En esa premisa, en la determinación de los hechos probados, reside la clave del enjuiciamiento. En ella opera la presunción de inocencia, pilar de las garantías de nuestro sistema penal: todos somos inocentes mientras no se demuestre lo contrario. A través de la declaración de los hechos que deben considerarse acaecidos, el juez determina la existencia del delito y su autoría, los medios, modos y formas empleados en su ejecución, los motivos y propósitos del criminal, las circunstancias agravantes, atenuantes o eximentes que pueden afectar a su responsabilidad. De los hechos probados, en definitiva, depende la culpabilidad o la inocencia del acusado. Ese es el terreno más resbaladizo de todo el proceso, abonado para el error y la manipulación, para la instrumentalización política, social o mediática del proceso penal.
Los relatos que forman este volumen constituyen un recuento de infamias. Por más que los jueces y todos los demás intervinientes en un proceso pongan los cinco sentidos para hacerlo bien, o lo mejor posible, los humanos cometen errores y la justicia, al sancionarlos y darles validez, se equivoca y comete grandes injusticias. Por descontado, cuando se entrecruzan la ignorancia, los prejuicios, las intenciones aviesas, pasiones tales como el amor o el odio, o pecados capitales como la avaricia, la envidia, la soberbia o la lujuria, el sueño de la justicia produce monstruos y obtenemos el resultado contrario al pretendido: en vez de reparar los entuertos, la justicia los legaliza y los hace aceptables.
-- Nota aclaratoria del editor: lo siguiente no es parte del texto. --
//! What the arguments of a form say.
ghost use Rattle.std.specs.Prelude.{◌≡◌, ◌≤◌, [], map, length, MatchOption};
ghost use Rattle.std.specs.List.{All};
ghost use Rattle.units.specs.Calls.{list_in, number_in, opening_said, padded, value_of, with_values};
ghost use Rattle.units.specs.declared.head.Head.TheVariants.{Open};
ghost use Rattle.grammar.specs.Calls.{read_on, pieces};
ghost use Rattle.grammar.specs.Grammar.{Numeral};
ghost use Rattle.lines.specs.Arguments.{call_values, first_list, is_list, said_at, values_of, with_list};

use super::form::Parts;
use super::lists::{Lists, Room};
use arrayvec::ArrayVec;
use grammar::line::MOST_NUMBERS;
use std::array;
use tokens::token::Part;
use units::call::{self, MOST_ARGUMENTS, Opening, Value};
use units::head::Head;

/// The number that the digits write.
fn value(digits: &[u8]) -> u64
    requires { Numeral digits.now }
    ensures { result ≡ read_on 0 digits.now }
{
    digits.iter().fold(0, |n, d| 10 * n + u64::from(*d - b'0'))
}

/// The numbers that stand with one space between, in this room.
fn values<'r>(numbers: &[u8], room: &'r mut Room) -> &'r [u64]
    requires numerals { All Numeral (pieces [] numbers.now) }
    requires few { length (pieces [] numbers.now) ≤ MOST_NUMBERS }
    ensures { result.now ≡ map (read_on 0) (pieces [] numbers.now) }
{
    let values = room.numbers.insert(ArrayVec::new());
    // There is room for all of them.
    let _added = values.extend(numbers.split(|b| *b == b' ').map(value));
    values.as_slice()
}

fn is_list(part: Part) -> bool
    ensures { result ≡ is_list part.entry }
{
    matches!(part, Part::List(_))
}

/// The place of the first list, if there is one.
fn place_of_list(args: &[Part]) -> Option<usize>
    ensures { MatchOption result (first_list (values_of args.now) ≡ [])
        (λ place. first_list (values_of args.now) ≡ list_in (said_at args.now place)) }
{
    args.iter().position(|part| is_list(*part))
}

impl Parts<'_> {
    /// The number at this place: 0 where there is none.
    fn number(&self, place: usize) -> u64
        ensures { result ≡ number_in (said_at self.now.args.items place) }
    {
        match self.args.get(place) {
            Some(Part::Number(digits)) => value(digits),
            _ => 0,
        }
    }

    /// The numbers of the list at this place, in this room: none where there is no list.
    fn list<'r>(&self, place: usize, room: &'r mut Room) -> &'r [u64]
        ensures { result.now ≡ list_in (said_at self.now.args.items place) }
    {
        match self.args.get(place) {
            Some(Part::List(numbers)) => values(numbers, room),
            _ => &[],
        }
    }

    /// The numbers of the first list among the arguments, in this room: none where there is no list.
    fn first_list<'r>(&self, room: &'r mut Room) -> &'r [u64]
        ensures { result.now ≡ first_list (values_of self.now.args.items) }
    {
        match place_of_list(&self.args) {
            Some(place) => self.list(place, room),
            None => &[],
        }
    }

    /// What the argument at this place says, with these numbers if it is a list: 0 where there is none.
    fn value<'r>(&self, place: usize, list: &'r [u64]) -> Value<'r>
        ensures { value_of result ≡ with_list list.now (said_at self.now.args.items place) }
    {
        match self.args.get(place) {
            Some(Part::List(_)) => Value::List(list),
            _ => Value::Number(self.number(place)),
        }
    }

    /// The head of a call with what its arguments say. The room is the first list's: no call has a second one.
    #[tactic(auto, using(crate::proofs::Taking::value_at))]
    pub(crate) fn call<'r>(&self, head: Head, room: &'r mut Room) -> call::Parts<'r>
        ensures head { result.head ≡ head }
        ensures values { map value_of result.values
            ≡ padded MOST_ARGUMENTS (call_values (values_of self.now.args.items)) }
    {
        let list = self.first_list(room);
        call::Parts {
            head,
            values: array::from_fn(|place| self.value(place, list)),
        }
    }

    /// The opening with these arguments.
    #[tactic(auto, using(crate::proofs::Taking::value_at))]
    pub(crate) fn opening<'r>(&self, lists: &'r mut Lists) -> Opening<'r>
        ensures { opening_said result ≡ with_values Open (values_of self.now.args.items) }
    {
        let Lists {
            kinds,
            counts,
            installed,
        } = lists;
        Opening {
            kinds: self.list(0, kinds),
            counts: self.list(1, counts),
            installed: self.list(2, installed),
        }
    }
}
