//! A line as a form.
mod reads;

ghost use Rattle.std.specs.Prelude.{◌≡◌, map, MatchOption, ◌≢◌};
ghost use Rattle.std.specs.List.{All};
ghost use Rattle.units.specs.Heads.{name, sorts};
ghost use Rattle.tokens.specs.Tokens.{SoundPart};

use super::arguments::misfit;
use arrayvec::ArrayVec;
pub use reads::read_form;
use tokens::token::Part;
use units::call::MOST_ARGUMENTS;
use units::fault::Fault;
use units::head::Head;

/// How many arguments are kept: one more than any head takes, so that a surplus one shows.
pub const MOST_GATHERED: usize = MOST_ARGUMENTS + 1;

/// A line that is a form.
#[derive(Drop)]
pub struct Parts<'a> {
    /// The letters of its word.
    pub letters: &'a [u8],
    /// The first `MOST_GATHERED` arguments, as a form holds them.
    pub args: ArrayVec<Part<'a>, MOST_GATHERED>,
    /// How many arguments there are, with those that are not kept.
    pub count: usize,
    pub ghost sound: { ∥ All SoundPart args.items ∥₁ },
}

impl Parts<'_> {
    ghost use Rattle.lines.specs.Arguments.{part_sort};
    ghost use Rattle.lines.specs.Forms.{Fits};

    /// The head that the word spells.
    pub(crate) fn head(&self) -> Option<Head>
        ensures { MatchOption result ((h : Head) → self.now.letters.now ≢ name h)
            (λ h. self.now.letters.now ≡ name h) }
    {
        Head::named(self.letters)
    }

    /// Refuses the first argument that is missing, surplus or of the wrong sort.
    pub(crate) fn fit(&self, head: Head) -> Result<(), Fault>
        ensures { Fits (map part_sort self.now.args.items) (sorts head) result }
    {
        match misfit(&self.args, head.sorts()) {
            Some(position) => Err(Fault::BadArgument {
                position: position as u64,
            }),
            None => Ok(()),
        }
    }
}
Son infamias, pues, bendecidas, a sabiendas o no, por resoluciones judiciales.
Por ello, algunas veces admitimos con humildad y realismo el derecho del justiciable a ser indemnizado cuando ha resultado perjudicado por un error judicial, o por el funcionamiento anormal de la administración de justicia. Sería deseable poder asegurar que únicamente se producen errores cuando el funcionamiento de la justicia es inadecuado, cuando algo no ha ido bien, cuando por cualquier razón el aparato judicial descarrila, pero no es así: aunque todo funcione bien, aunque todos hagan su tarea lo mejor posible, aunque el proceso penal circule por su carril, a veces atropella a inocentes. Otras veces, para desesperación de las víctimas, deja escapar indebidamente a los culpables.
Las condenas injustas han cautivado a los escritores más célebres, de Alexandre Dumas y su conde de Montecristo a Julio Verne con su Mathias Sandorf o Franz Kafka y el inefable Josef K. Los casos reales de condenas injustas tampoco han dejado de ocupar la atención de los biógrafos y de la sociedad: Juana de Arco, Tomás Moro, Miguel Servet, Giordano Bruno y tantos otros. Desde el caso de Alfred Dreyfus en Francia hasta la condena en Estados Unidos de los anarquistas italianos Sacco y Vanzetti, o la de Dolores Vázquez en Málaga, las injusticias notorias conmueven las conciencias.
Kurt Vonnegut reivindicó a la mujer de Lot porque, aun habiéndosele prohibido, volvió la mirada hacia donde había estado su hogar, donde quedaban condenados sus vecinos y familiares, sus amigos, habitantes de la ciudad culpable de Sodoma: «La amo por eso, porque fue tan humana”.